Prompt: Below are records. Find each line in them that holds the word "ghost" and copy it.

Information:
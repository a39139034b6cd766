//! The top call: from words to a status.

ghost use Rattle.std.specs.Prelude.{◌≡◌, ◌≤◌, IfOk, Some, None};
ghost use Rattle.std.specs.Result.{OnErr};
ghost use Rattle.fs_base.specs.Outside.{NoneFell};
ghost use Rattle.fsmd_tool.specs.SinkReplies.{put_between};
ghost use Rattle.fsmd_tool.specs.CertificateStores.{file_change, IsUnchangedStore};
ghost use Rattle.fsmd_replies.specs.AskedFiles.{cert_of};
ghost use Rattle.show_words.specs.ViewWords.{IsViewWithinLimits, shown_view};
ghost use Rattle.show_tool.specs.ViewCalls.{shown_by_words, ViewOutcome, IsShown, PutsOf};

use crate::put::put_usage;
use crate::views::answer_view;
use fs_base::outside::{Files, Sink};
use fsmd_answers::refused::answer_of;
use fsmd_replies::answer::Status;
use fsmd_tool::put::put_answer;
use fsmd_words::asking::AskError;
use show_words::asking::Show;
use show_words::words::show;
use std::alloc::{AllocError, Global};

// Puts the reply to what is asked.
fn put_reply_to<F: Files, S: Sink>(
    alloc: Global,
    show: &Show,
    files: &mut F,
    out: &mut S,
) -> Result<Status, AllocError>
    requires certificate { cert_of (Some (shown_view show.now).asked) ≡ None }
    requires limits { IsViewWithinLimits (shown_view show.now).view }
    ensures shown { IfOk result (λ status. IsShown (shown_view show.now) (F.told files.old) (F.told files.new)
        (put_between status (S.told out.old) (S.told out.new))) }
    ensures err { OnErr result ((S.told out.new).got ≡ (S.told out.old).got) }
    ensures kept { IsUnchangedStore (file_change (F.told files.old) (F.told files.new)) }
    ensures counts { NoneFell (F.told files.old).faults (F.told files.new).faults }
    ensures sink_counts { (S.told out.old).faults ≤ (S.told out.new).faults }
{
    let answer = answer_of(answer_view(alloc, show, files))?;
    put_answer(alloc, &answer, &show.ask, files, out)
}

// Puts the reply to words.
fn put_reply<F: Files, S: Sink>(
    alloc: Global,
    words: &[String],
    files: &mut F,
    out: &mut S,
) -> Result<Status, AllocError>
    ensures shown { IfOk result (λ status. PutsOf (shown_by_words words.now) (F.told files.old) (F.told files.new)
        (put_between status (S.told out.old) (S.told out.new))) }
    ensures err { OnErr result ((S.told out.new).got ≡ (S.told out.old).got) }
    ensures kept { IsUnchangedStore (file_change (F.told files.old) (F.told files.new)) }
    ensures counts { NoneFell (F.told files.old).faults (F.told files.new).faults }
    ensures sink_counts { (S.told out.old).faults ≤ (S.told out.new).faults }
{
    match show(alloc, words) {
        Ok(show) => put_reply_to(alloc, &show, files, out),
        Err(AskError::Usage) => put_usage(out),
        Err(AskError::NoMemory) => Err(AllocError),
    }
}

/// Shows what the words ask to see, and tells how it ended.
///
/// The words are those after the program's name: a view, the names of its files, and its option. Files are refused as `fsmd`
/// refuses them, by the same replies and with the same statuses, and no file is changed. `NoMemory` comes where memory is
/// refused, also where the sink has no room for the reply; then nothing was put.
pub fn drive_show<F: Files, S: Sink>(
    alloc: Global,
    words: &[String],
    files: &mut F,
    out: &mut S,
) -> Status
    ensures outcome { ViewOutcome (shown_by_words words.now) (F.told files.old) (F.told files.new)
        (put_between result (S.told out.old) (S.told out.new)) }
    ensures kept { IsUnchangedStore (file_change (F.told files.old) (F.told files.new)) }
    ensures counts { NoneFell (F.told files.old).faults (F.told files.new).faults }
    ensures sink_counts { (S.told out.old).faults ≤ (S.told out.new).faults }
{
    match put_reply(alloc, words, files, out) {
        Ok(status) => status,
        Err(_) => Status::NoMemory,
    }
}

Result below:
ghost use Rattle.std.specs.Prelude.{◌≡◌, ◌≤◌, IfOk, Some, None};
ghost use Rattle.std.specs.Result.{OnErr};
ghost use Rattle.fs_base.specs.Outside.{NoneFell};
ghost use Rattle.fsmd_tool.specs.SinkReplies.{put_between};
ghost use Rattle.fsmd_tool.specs.CertificateStores.{file_change, IsUnchangedStore};
ghost use Rattle.fsmd_replies.specs.AskedFiles.{cert_of};
ghost use Rattle.show_words.specs.ViewWords.{IsViewWithinLimits, shown_view};
ghost use Rattle.show_tool.specs.ViewCalls.{shown_by_words, ViewOutcome, IsShown, PutsOf};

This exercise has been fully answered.